A new report shows that 69% of Irish pension funds are taking environment, social and governance (ESG) issues into account to inform investment decisions.

But Mercer's latest European Asset Allocation insights report shows that Irish pension schemes' focus on ESG was less than the European average, with 76% taking ESG issues into consideration.

This rose to over 80% in several markets including the UK (84%), Germany (88%) and Spain (92%).

Mercer noted that in prioritising the relative importance of ESG issues, Ireland was the only country where investors did not rank environmental as the most important ESG component, ranking it second behind governance issues.

Mercer's research covers 12 European markets where, in the past year, an extra €233 billion was allocated to sustainable funds.

The report also showed a continued reduction in the allocation to equities and alternative investments in Irish defined benefit pension schemes.

23% of assets were allocated to equities this year, compared to 27% in 2020.

Bonds have been the beneficiaries with the allocation rising to 58% from 50% last year, as investors seek to protect against volatility and act on concerns related to high valuations in equity markets.

Rob Meaney, Responsible Investment Lead for Mercer Ireland, said that while the Covid pandemic was a very challenging period for many investors, it also saw a large increase in assets moving into sustainable funds across Europe.

"The pandemic has caused a lot of investors to wake up to how the elements of ESG are connected. Although environmental issues continue to remain a key focus, social issues such as human rights and social equity are now much higher up on the agenda, in part due to the impacts of the pandemic," Mr Meaney said.

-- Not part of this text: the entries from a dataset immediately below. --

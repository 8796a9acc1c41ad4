//! Listings of a thousand objects, read again and again.

use s3_replies::read_list;
use std::alloc::{AllocError, Global};

/// How many objects a listing has.
const OBJECTS: u32 = 1_000;

const HEAD: &str =
    "<?xml version=\"1.0\" encoding=\"UTF-8\"?>\n<ListBucketResult xmlns=\"http://s3.amazonaws.com/doc/2006-03-01/\"><Name>backups</Name><Prefix></Prefix><KeyCount>1000</KeyCount><MaxKeys>1000</MaxKeys><EncodingType>url</EncodingType><IsTruncated>false</IsTruncated>";

const TAIL: &str = "</ListBucketResult>";

fn object(alloc: Global, number: u32) -> Result<String, AllocError> {
    format!(in alloc;
        "<Contents><Key>photos/2026/{number:08}+copy%2B.jpg</Key><LastModified>2026-01-02T03:04:05.000Z</LastModified><ETag>&quot;d41d8cd98f00b204e9800998ecf8427e&quot;</ETag><Size>{number}</Size><StorageClass>STANDARD</StorageClass></Contents>"
    )
}

/// A listing as a service writes it.
pub(crate) fn listing(alloc: Global) -> Result<String, AllocError> {
    let mut text = String::from_str(alloc, HEAD)?;
    for number in 0..OBJECTS {
        let row = object(alloc, number)?;
        text.push_str(row.as_str())?;
    }
    text.push_str(TAIL)?;
    Ok(text)
}

/// The number of objects in all listings that were read, or none where one could not be read.
pub(crate) fn read_again(alloc: Global, text: &str, rounds: u32) -> Option<usize> {
    let mut objects: usize = 0;
    for _ in 0..rounds {
        let Ok(page) = read_list(alloc, text.as_bytes()) else {
            return None;
        };
        objects = objects.wrapping_add(page.entries.len());
    }
    Some(objects)
}
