//! Sizes that the laws let through.

ghost use Rattle.refused_outcomes.specs.LargePieces.{LargePiecesAreMet};

/// The laws ask of a configuration only that its threshold is at least 1: a run with pieces of 2^35 bytes, which no
/// valid configuration has, is what they ask of one.
pub fn large_pieces()
    ensures { LargePiecesAreMet }
{}
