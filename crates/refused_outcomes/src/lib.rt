//! Outcomes of runs: the one that the definitions of a run's promise let through, and the others, which they refuse.
#![tactic(auto)]

mod causes;
mod files;
mod pages;
mod sizes;

pub use causes::{
    copied_causes, later_failures, moved_copies, put_causes, request_causes, untried_causes,
};
pub use files::{moved_files, traceless_files, unwarned_files};
pub use pages::{fitting_pages, refused_pages};
pub use sizes::large_pieces;
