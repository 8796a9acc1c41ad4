//! Causes of outcomes.

ghost use Rattle.refused_outcomes.specs.LaterFailure.{DeletedSourcesAreMet, EachCopiedCauseIsRefused};
ghost use Rattle.refused_outcomes.specs.LaterFailure.{FirstFailuresAreMet, LaterFailuresAreRefused};
ghost use Rattle.refused_outcomes.specs.Moves.{EachMoveIsRefused};
ghost use Rattle.refused_outcomes.specs.OneRequest.{EachRequestCauseIsMet, EachRequestCauseIsRefused};
ghost use Rattle.refused_outcomes.specs.PutCauses.{EachPutCauseIsRefused};
ghost use Rattle.refused_outcomes.specs.Untried.{EachUntriedCauseIsRefused};

/// A task of which no job was given fails for what its setting and its calls on files show: a cancel, memory that ran
/// out, a call that failed, what stood in the way, or a file that changed. Where the setting or the calls do not show
/// that, this cause is refused. A dry run has the outcome Dry, and no other run has. A download that is not to replace
/// is skipped where a file stood at its place, and nowhere else.
pub fn untried_causes()
    ensures { EachUntriedCauseIsRefused }
{}

/// A small upload whose Put was refused at each of two attempts, was lost and then refused, or was lost at both,
/// has one outcome, with the cause of its last attempt. Every other outcome is refused, however its jobs are read.
pub fn put_causes()
    ensures { EachPutCauseIsRefused }
{}

/// A moved copy whose Delete was lost at both attempts is not done, skipped or dry, and is copied for that loss alone,
/// however the jobs of its run are read. (`everything` of `promise_examples` has it copied for that loss.)
pub fn moved_copies()
    ensures { EachMoveIsRefused }
{}

/// A Get that brought more than the whole fails for a bad reply, and is not done; one that brought the whole does not
/// fail for that. A copy that was denied with status 412 fails since its source changed, and with another status for
/// what the service said, and neither for the other cause. A download that is not to replace, whose Get was given
/// where a file stood, has no outcome; it is done where its place was free, or where it is to replace.
pub fn request_causes()
    ensures met { EachRequestCauseIsMet }
    ensures refused { EachRequestCauseIsRefused }
{}

/// An upload whose first part was denied, and whose second part was lost after that, fails for the denial. It has no
/// other outcome, and does not fail for the loss.
pub fn later_failures()
    ensures met { FirstFailuresAreMet }
    ensures refused { LaterFailuresAreRefused }
{}

/// A moved download whose Delete came with success is done, and not copied for any cause. No task is copied for a bad
/// reply to another request than a Delete, as to its Get.
pub fn copied_causes()
    ensures met { DeletedSourcesAreMet }
    ensures refused { EachCopiedCauseIsRefused }
{}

He said Mercer's research showed that a large majority of European investors integrate ESG into all aspects of their operations including: investment manager selection (83%), investment manager monitoring (88%), reporting (79%) and asset allocation (64%).

"Mercer's survey also indicated that investors are moving from a more reactive position to a proactive one, with regulatory drivers decreasing in significance as a motivator for considering ESG risks. 67% cited this as a key driver, down from 85% last year," he added.

Olivier Santamaria, Head of Investments for Mercer Ireland, said the two biggest concerns for investors this year were Covid-19 remaining an obstacle for for full reopenings and a potential equity market correction.

"With equity valuations at record highs, Irish investors continued to seek diversification and derisk, with a higher allocation to bonds and cash," he said.

"For Irish defined contribution schemes, investors are more heavily weighted towards equity as they look to the higher returns equities can offer over the longer term to build up their pension savings," he added.